Just last year, the National Intelligence Council called climate change one of the gravest long-term threats facing global stability, a looming peril that could undermine American and international security. This is why it’s gravely important that President Obama and Congress have begun to take action.
In June, the House of Representatives passed the American Clean Energy and Security Act. By creating incentives to use and produce clean energy, this legislation will begin to free us from the foreign-oil addiction that constrains our foreign policy and dictates how we deal with both friends and foes. And by slowing climate change, this bill would help prevent the very climate change that threatens to destabilize American and global security.
All that may sound like too great an impact for a single piece of legislation to claim. It’s not. The fate of the Clean Energy and Security Act as it moves to the U.S. Senate is inseparable from the fate of America’s security.
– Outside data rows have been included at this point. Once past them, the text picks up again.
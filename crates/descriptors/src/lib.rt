//! Descriptors of fields and methods (JVMS 4.3).
#![tactic(auto)]

mod error;
mod fields;
mod fronts;
mod kind;
mod laws;
mod letters;
mod methods;

pub use error::DescriptorError;
pub use fields::{field_kind, field_kind_counted, is_field_counted, is_field_descriptor};
pub use kind::{ElementType, Kind, Signature};
pub use laws::{one_first_bad, one_kind, one_signature, tests_decide};
pub use letters::{
    BOOL_LETTER, BRACKET, BYTE_LETTER, CHAR_LETTER, CLASS_LETTER, CLOSE_PARENTHESIS, DOT,
    DOUBLE_LETTER, FLOAT_LETTER, INT_LETTER, LONG_LETTER, OPEN_PARENTHESIS, SEMICOLON,
    SHORT_LETTER, SLASH, VOID_LETTER,
};
pub use methods::{is_method_counted, is_method_descriptor, method_kind, method_kind_counted};
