//! Laws of the definitions, each the contract of a function that does nothing.

ghost use Rattle.std.specs.Prelude.{◌≡◌, ◌↔◌, List, true, ℕ};
ghost use Rattle.descriptors.specs.declared.kind.Kind.{Kind as AnyKind};
ghost use Rattle.descriptors.specs.declared.kind.Signature.{Signature as AnySignature};
ghost use Rattle.descriptors.specs.Descriptors.{IsKind, IsSignature, method_spelling, spelling};
ghost use Rattle.descriptors.specs.States.{is_field, is_method};
ghost use Rattle.descriptors.specs.Refusal.{IsField, IsFirstBad, IsMethod};

/// A text is the descriptor of at most one kind.
pub fn one_kind()
    ensures { (a b : AnyKind) → IsKind a → IsKind b → spelling a ≡ spelling b → a ≡ b }
{}

/// A text is the descriptor of at most one signature.
pub fn one_signature()
    ensures { (a b : AnySignature) → IsSignature a → IsSignature b
        → method_spelling a ≡ method_spelling b → a ≡ b }
{}

/// A text has at most one first bad unit, and none if it is a descriptor.
pub fn one_first_bad()
    ensures of_field { (units : List ℕ) (a b : ℕ) → IsFirstBad IsField units a
        → IsFirstBad IsField units b → a ≡ b }
    ensures of_method { (units : List ℕ) (a b : ℕ) → IsFirstBad IsMethod units a
        → IsFirstBad IsMethod units b → a ≡ b }
    ensures no_field { (units : List ℕ) (at : ℕ) → IsFirstBad IsField units at → IsField units → ⊥ }
    ensures no_method { (units : List ℕ) (at : ℕ) → IsFirstBad IsMethod units at
        → IsMethod units → ⊥ }
{}

/// The tests decide whether units are the descriptor of a field, and of a method.
pub fn tests_decide()
    ensures field { (units : List ℕ) → (is_field units ≡ true) ↔ IsField units }
    ensures method { (units : List ℕ) → (is_method units ≡ true) ↔ IsMethod units }
{}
The fact that the United States consumes 25 percent of the world’s oil but controls less than 3 percent of the supply underlines why our dependence on foreign oil affects our foreign policy. Tipping the other end of the production-consumption scale are nations like Iran, Iraq, Libya and Kazakhstan.
Of the top 10 holders of oil reserves in the world as of April 2008, all but one are considered to be failed states or in danger of becoming failed states. These are the type of trading partners to whom we are beholden, whose whims we must honor, if we are to satisfy our energy addiction.
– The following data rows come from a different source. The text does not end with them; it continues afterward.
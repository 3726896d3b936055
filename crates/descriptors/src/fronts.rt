//! What each unit of a descriptor does (JVMS 4.3), and the first that is not allowed: for the
//! tests and for the readers.

ghost use Rattle.std.specs.Prelude.{◌≡◌, ◌≤◌, ◌+◌, length, drop, IfSome};
ghost use Rattle.descriptors.specs.Descriptors as chars;
ghost use Rattle.descriptors.specs.declared.fronts.Front.TheVariants as fronts;
ghost use Rattle.descriptors.specs.States as spec;

use crate::letters::{
    BOOL_LETTER, BRACKET, BYTE_LETTER, CHAR_LETTER, CLASS_LETTER, CLOSE_PARENTHESIS, DOT,
    DOUBLE_LETTER, FLOAT_LETTER, INT_LETTER, LONG_LETTER, OPEN_PARENTHESIS, SEMICOLON,
    SHORT_LETTER, SLASH, VOID_LETTER,
};
use std::sync::ledger::Ledger;
use steps::Steps;

/// What was read of the descriptor of a kind.
#[derive(Clone, Copy)]
pub enum Front {
    /// This many `[`.
    Brackets(u8),
    /// The name of a class, whose last part has a unit or has none yet.
    Name(bool),
}

/// What one more unit does to the descriptor of a kind.
#[derive(Clone, Copy)]
pub enum Turn {
    Ends,
    GoesOn(Front),
    /// The unit is not allowed there.
    Stops,
}

pub const START: Front = Front::Brackets(0);

// Whether the unit is a kind by itself.
fn is_base(unit: u16) -> bool
    ensures { result ≡ chars.is_base unit }
{
    matches!(
        unit,
        BYTE_LETTER
            | CHAR_LETTER
            | DOUBLE_LETTER
            | FLOAT_LETTER
            | INT_LETTER
            | LONG_LETTER
            | SHORT_LETTER
            | BOOL_LETTER
    )
}

// The slots that an argument takes which begins so (JVMS 4.3.3).
fn slots_by(unit: u16) -> u16
    ensures { result ≡ chars.unit_slots unit }
{
    match unit {
        DOUBLE_LETTER | LONG_LETTER => 2,
        _ => 1,
    }
}

impl Front {
    fn is_start(self) -> bool
        ensures { result ≡ spec.is_start self }
    {
        matches!(self, Front::Brackets(0))
    }

    // Whether the unit is a letter in a name: all that it does is to begin the last part.
    fn is_letter_of_name(self, unit: u16) -> bool
        ensures { result ≡ spec.is_letter_of_name self unit }
    {
        match self {
            Front::Brackets(_) => false,
            Front::Name(_) => is_letter(unit),
        }
    }

    fn turn(self, unit: u16) -> Turn
        ensures { result ≡ spec.turn self unit }
    {
        match self {
            Front::Brackets(count) => bracket_turn(count, unit),
            Front::Name(begun) => name_turn(begun, unit),
        }
    }
}

// Whether the unit is one that every name may have, as letters are.
fn is_letter(unit: u16) -> bool
    ensures { result ≡ spec.is_letter unit }
{
    unit > BRACKET || u16::from(b'A') <= unit && unit <= u16::from(b'Z')
}

fn bracket_turn(count: u8, unit: u16) -> Turn
    ensures { result ≡ spec.bracket_turn count unit }
{
    if unit == BRACKET {
        if count < 255 {
            Turn::GoesOn(Front::Brackets(count + 1))
        } else {
            Turn::Stops
        }
    } else if unit == CLASS_LETTER {
        Turn::GoesOn(Front::Name(false))
    } else if is_base(unit) {
        Turn::Ends
    } else {
        Turn::Stops
    }
}

fn name_turn(begun: bool, unit: u16) -> Turn
    ensures { result ≡ spec.name_turn begun unit }
{
    if unit == SEMICOLON {
        if begun { Turn::Ends } else { Turn::Stops }
    } else if unit == SLASH {
        if begun {
            Turn::GoesOn(Front::Name(false))
        } else {
            Turn::Stops
        }
    } else if unit == DOT || unit == BRACKET {
        Turn::Stops
    } else {
        Turn::GoesOn(Front::Name(true))
    }
}

// The slots of the arguments with the one that a unit begins, or goes on with.
fn slots_with(slots: u16, front: Front, unit: u16) -> u16
    requires { slots ≤ 255 }
    ensures { result ≡ spec.slots_with slots front unit }
{
    if front.is_start() {
        slots + slots_by(unit)
    } else {
        slots
    }
}

// The offset of the first unit from `start` on that is not allowed where all is read.
fn whole_bad(units: &[u16], start: usize) -> Option<usize>
    requires { start ≤ length units.now }
    ensures first { result ≡ spec.first_bad spec.Whole start (drop start units.now) }
    ensures within { IfSome result (λ at. at ≤ length units.now) }
{
    if start < units.len() {
        Some(start)
    } else {
        None
    }
}

// The same in the descriptor of a field. Where the units end too early, it is their number.
fn bad_in_field(units: &[u16], start: usize) -> Option<usize>
    requires { start ≤ length units.now }
    ensures first { result ≡
        spec.first_bad (spec.Field (fronts.Brackets 0)) start (drop start units.now) }
    ensures within { IfSome result (λ at. at ≤ length units.now) }
{
    let mut front = START;
    for index in start..units.len() {
        if front.is_letter_of_name(units[index]) {
            front = Front::Name(true);
            continue;
        }
        match front.turn(units[index]) {
            Turn::Ends => return whole_bad(units, index + 1),
            Turn::GoesOn(more) => front = more,
            Turn::Stops => return Some(index),
        }
    }
    Some(units.len())
}

// The same in the result of a method.
fn bad_in_result(units: &[u16], start: usize) -> Option<usize>
    requires { start ≤ length units.now }
    ensures first { result ≡ spec.first_bad spec.Result start (drop start units.now) }
    ensures within { IfSome result (λ at. at ≤ length units.now) }
{
    if start < units.len() && units[start] == VOID_LETTER {
        return whole_bad(units, start + 1);
    }
    bad_in_field(units, start)
}

// The same in the arguments and the result of a method, which begin after the first unit.
fn bad_behind_parenthesis(units: &[u16]) -> Option<usize>
    requires { 1 ≤ length units.now }
    ensures first { result ≡
        spec.first_bad (spec.Args 0 (fronts.Brackets 0)) 1 (drop 1 units.now) }
    ensures within { IfSome result (λ at. at ≤ length units.now) }
{
    let mut slots = 0u16;
    let mut front = START;
    for index in 1..units.len() {
        let unit = units[index];
        if front.is_letter_of_name(unit) {
            front = Front::Name(true);
            continue;
        }
        if front.is_start() && unit == CLOSE_PARENTHESIS {
            return bad_in_result(units, index + 1);
        }
        slots = slots_with(slots, front, unit);
        if slots > 255 {
            return Some(index);
        }
        match front.turn(unit) {
            Turn::Ends => front = START,
            Turn::GoesOn(more) => front = more,
            Turn::Stops => return Some(index),
        }
    }
    Some(units.len())
}

/// The offset of the first unit that is not allowed in the descriptor of a field, the number of units where they end too
/// early, or none. Each unit takes a step.
pub fn field_bad<L: Ledger>(units: &[u16], steps: &mut Steps<L>) -> Option<usize>
    ensures first { result ≡ spec.first_bad (spec.Field (fronts.Brackets 0)) 0 units.now }
    ensures within { IfSome result (λ at. at ≤ length units.now) }
    ensures cost { steps.new ≡ steps.old + length units.now }
{
    steps.spend(units.len());
    bad_in_field(units, 0)
}

/// The same in the descriptor of a method.
pub fn method_bad<L: Ledger>(units: &[u16], steps: &mut Steps<L>) -> Option<usize>
    ensures first { result ≡ spec.first_bad spec.Method 0 units.now }
    ensures within { IfSome result (λ at. at ≤ length units.now) }
    ensures cost { steps.new ≡ steps.old + length units.now }
{
    let count = units.len();
    steps.spend(count);
    if count == 0 || units[0] != OPEN_PARENTHESIS {
        return Some(0);
    }
    bad_behind_parenthesis(units)
}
The Clean Energy and Security Act would slash our oil needs dramatically by requiring electric utilities to meet 20 percent of their electricity demand through renewable sources and efficiencies by 2020. The legislation also reduces carbon emissions from major U.S. sources over 80 percent by 2050 compared with 2005 levels. It increases our ability to create our own energy sources — and not, incidentally, jobs — by investing billions in new energy technologies and efficiency. By 2025, the legislation could save Floridians nearly $1.8 billion in energy costs.
Our oil addiction gives those who would do us harm a powerful weapon. Terrorists clearly understand that our economic strength and our overall strength as a nation is tied to affordable energy. There were fewer than 50 known terrorist attacks against oil and gas facilities before Sept. 11, 2001. By 2006, that number reached 344.
Less tangible than terrorist threats, but equally dangerous, is the global instability that will result from the effects of climate change on land and livelihoods. Rising sea levels, drought and other weather extremes will lead to mass migration. A massive influx of people challenges even the most stable of nations and creates a vacuum of law which provides safe havens for terrorists. These conditions will undoubtedly require the deployment of an already over-worked U.S. military.
We should act now to do all we can to preclude the deployment of U.S. forces. Our national security is at stake, and our soldiers, sailors, airmen and Marines deserve action now before they are called upon again.
The United States cannot fight off global warming alone. But this act, though imperfect, is a vital step in the right direction and an important signal to our friends — and enemies — that we are serious about protecting the environment because we are unrelenting in our commitment to protect America.
Donald L. Kerrick of Jupiter is a retired U.S. Army lieutenant general and former deputy national security adviser to President Bill Clinton. He is also a member of the National Security Network. He wrote this column for the Orlando Sentinel.